An example that graphically illustrates how this feature has come to dominate the cultural landscape in the country is the coverage by Egyptian television of the marathon that took place around the pyramids shortly after the Luxor massacre in the autumn of 1997. Viewers were treated to the amazing spectacle of about ten foreigners, interviewed separately and supposedly at random, who all said the same thing in virtually the same words, as though reading from a prepared script: “Egypt is a safe country in which we feel secure .. terrorism does not exist only in Egypt but in all parts of the world .. everyone wants to visit Egypt and see its wonderful antiquities”.

The twenty years I spent in one of the largest industrial establishments in the world gave me the opportunity to discover that this feature is unique to our culture, a mark of dubious distinction that sets us apart from other members of the community of nations, whether western or eastern.

Cultural evolution in the countries belonging to western civilization, including North America, has proceeded along a course that equates big talk with ignorance. Human knowledge is a complex web of interconnected strands in which there is no room for big talk, only for moderate language that tries as far as possible to reflect the unembellished realities of science and culture. As to eastern civilizations, the reserve that has always been and continues to be one of their most prominent characteristics shields them from any temptation to indulge in big-talk.

The picture is very different in the Arab world, where the temptation is indulged to the full. Indeed, the big talk syndrome is endemic to our culture, which has a long tradition of declamatory rhetoric that places more value on the beauty of the words used than on their accurate reflection of reality. Nowhere is this more evident than in the rich body of Arabic poetry, which is full of poems eulogizing or vilifying this or that ruler for reasons known only to the poet and often having nothing to do with reality . The dichotomy between language and truth is not only acceptable in our culture, it is actually honoured in a famous saying “The most beautiful poetry is the least truthful” (a’thab al sh’er ..akthabo).

No less authoritative a source than the Quran itself addresses the issue when it denounces poets as “drifters in all directions” and of not practicing what they preach.

The writer of these lines believes it is incumbent on all those who are aware of this distortion in the Egyptian mind-set to raise national awareness of the dangers inherent in using big talk that is totally divorced from reality. To that end, they must expose the negative effects of a phenomenon which has led some to describe us a “culture of words” or, with scientific progress, “of microphones”.

Educational curricula must be designed to alert our youth to the highly detrimental effects of this phenomenon, which not only distorts our image in the eyes of the outside world but keeps us imprisoned in a fantasy world that we have created for ourselves with no basis in reality. It also holds us hostage to a past we evoke in such glowing terms that it becomes more attractive than any present.

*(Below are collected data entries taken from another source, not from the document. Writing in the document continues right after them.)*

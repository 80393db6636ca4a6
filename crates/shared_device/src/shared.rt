//! The shared device.

ghost use Rattle.block_shard.specs.ruled_cells.specs.Calls.{opened_with, row_of};
ghost use Rattle.std.specs.Prelude.{◌≡◌};

use crate::cells::{ControlCell, ShardCell};
use block_shard::ruled_cells::Cells;
use region_config::Config;
use std::alloc::Global;

/// A device that several threads use at once. Each load and store takes the turn of one shard, and each command or scrub
/// that of the control and of the shards that it changes.
#[derive(Drop)]
pub struct Shared {
    pub(crate) alloc: Global,
    pub(crate) cells: Cells<ControlCell, ShardCell>,
    /// The configuration that it was made with, for places.
    pub(crate) config: Config,
    ghost sixteen: { row_of cells ≡ 16 },
    ghost config_is: { (opened_with cells).config ≡ config },
}
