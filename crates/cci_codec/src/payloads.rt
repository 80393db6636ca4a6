//! The input payload of a request.

ghost use Rattle.std.specs.Prelude.{◌≡◌, ◌<◌, ◌≤◌, [], IfOk, OnErr, OnOk, length, take};

use crate::counted::Counted;
use crate::held::Held;
use dcd_base::{Bytes, NoMemory};
use std::alloc::Global;
use std::marker::Model;

/// How many bytes lie in the value itself.
const INLINE: usize = 14;

/// How many bytes one block has: those that place one extent.
const BLOCK: usize = 72;

/// The input payload of a request, in bytes. Up to 14 bytes lie in the value itself, as those of nearly all requests do,
/// and more on the heap, up to 72 in one block.
///
/// Contracts see the bytes.
#[derive(Debug, Drop)]
pub struct Payload {
    held: Held,
}

impl Model for Payload {
    ghost use Rattle.cci_codec.specs.Payloads.{held_bytes};
    ghost use Rattle.std.specs.Prelude.{List, ℕ};

    ghost Value = { List ℕ };

    ghost view = { λ p. held_bytes p.held };
}

impl Payload {
    /// A payload of these bytes. Only more than 14 bytes take memory.
    pub fn from_slice(alloc: Global, bytes: &[u8]) -> Result<Payload, NoMemory>
        ensures value { IfOk result (λ payload. payload ≡ bytes.now) }
        ensures short { OnErr result (14 < length bytes.now) }
    {
        if bytes.len() > INLINE {
            return Payload::on_heap(alloc, bytes);
        }
        Ok(Payload {
            held: Held::Inline(Counted::of(bytes)),
        })
    }

    /// These bytes on the heap.
    #[inline(never)]
    fn on_heap(alloc: Global, bytes: &[u8]) -> Result<Payload, NoMemory>
        ensures { IfOk result (λ payload. payload ≡ bytes.now) }
    {
        if bytes.len() > BLOCK {
            return Payload::apart(alloc, Bytes::from_slice(alloc, bytes)?);
        }
        Payload::block(alloc, Counted::of(bytes))
    }

    /// So few bytes in one block.
    fn block(alloc: Global, bytes: Counted<72>) -> Result<Payload, NoMemory>
        ensures { IfOk result (λ payload. payload ≡ bytes) }
    {
        Ok(Payload {
            held: Held::Block(alloc, Box::new(alloc, bytes)?),
        })
    }

    /// The bytes on the heap.
    fn apart(alloc: Global, bytes: Bytes) -> Result<Payload, NoMemory>
        ensures { IfOk result (λ payload. payload ≡ bytes) }
    {
        Ok(Payload {
            held: Held::Apart(Box::new(alloc, bytes)?),
        })
    }

    /// No bytes. It takes no memory.
    pub fn empty() -> Payload
        ensures { result ≡ [] }
    {
        Payload {
            held: Held::Inline(Counted::none()),
        }
    }

    /// Makes it the first `count` of these bytes. Bytes on the heap stay there, and their memory is used again; only more
    /// bytes than have room take new memory, and at `NoMemory` the payload may have any bytes.
    #[inline(always)]
    pub fn fill(&mut self, alloc: Global, bytes: &[u8], count: usize) -> Result<(), NoMemory>
        requires { count ≤ length bytes.now }
        ensures { OnOk result (self.new ≡ take count bytes.now) }
    {
        match &mut self.held {
            Held::Inline(held) => {
                if count <= INLINE {
                    held.fill(bytes, count);
                    return Ok(());
                }
                self.fill_anew(alloc, bytes, count)
            }
            Held::Block(_, held) => {
                if count <= BLOCK {
                    held.as_mut().fill(bytes, count);
                    return Ok(());
                }
                self.fill_anew(alloc, bytes, count)
            }
            Held::Apart(held) => fill_list(held.as_mut(), bytes, count),
        }
    }

    /// Makes it a new payload of the first `count` of these bytes.
    #[cold]
    #[inline(never)]
    fn fill_anew(&mut self, alloc: Global, bytes: &[u8], count: usize) -> Result<(), NoMemory>
        requires { count ≤ length bytes.now }
        ensures { OnOk result (self.new ≡ take count bytes.now) }
    {
        let (front, _) = bytes.split_at(count);
        *self = Payload::from_slice(alloc, front)?;
        Ok(())
    }

    /// Its bytes.
    pub fn as_slice(&self) -> &[u8]
        ensures { result.now ≡ self.now }
    {
        match &self.held {
            Held::Inline(bytes) => bytes.as_slice(),
            Held::Block(_, bytes) => bytes.as_ref().as_slice(),
            Held::Apart(bytes) => bytes.as_ref().as_slice(),
        }
    }

    /// An equal payload. Only more than 14 bytes take memory.
    pub fn copy(&self) -> Result<Payload, NoMemory>
        ensures { IfOk result (λ copy. copy ≡ self.now) }
    {
        match &self.held {
            Held::Inline(bytes) => Ok(Payload {
                held: Held::Inline(bytes.copy()),
            }),
            Held::Block(alloc, bytes) => Payload::block(*alloc, bytes.as_ref().copy()),
            Held::Apart(bytes) => {
                let bytes = bytes.as_ref();
                Payload::apart(bytes.allocator(), bytes.copy()?)
            }
        }
    }
}

/// Makes the list the first `count` of these bytes, in the memory that it has, where they have room there.
#[inline(never)]
fn fill_list(list: &mut Bytes, bytes: &[u8], count: usize) -> Result<(), NoMemory>
    requires { count ≤ length bytes.now }
    ensures { OnOk result (list.new ≡ take count bytes.now) }
{
    let (front, _) = bytes.split_at(count);
    list.clear();
    list.extend_from_slice(front)
}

There is no doubt that the big talk syndrome is linked to number of other negative features, such as lack of objectivity, escaping into the past, excessive self-praise and inability to accept criticism . Indeed, it would be no exaggeration to say that it is the bridge that links all these negative features together.

It is also important to emphasize the link between the big-talk syndrome and the narrow margin of democracy. In a cultural climate dominated by hyperbole, it is as difficult to expand the margin of democracy as it is easy for political forces to win adherents through the use of demagogy. Those who claim that their political project represents “the solution” to all of Egypt’s ills are merely serving up another course in an interminable and indigestible meal of big-talk. Economic and social problems today are far too complex to be cured by a slogan rooted in the big-talk syndrome.

As I listen to our public discourse drowning in a sea of hyperbole, I turn to the words of Nizar Qabbani, who eloquently sums up the situation in these words:

“We have donned a thin veneer of civilization
While our soul remains mired in the Dark Ages.”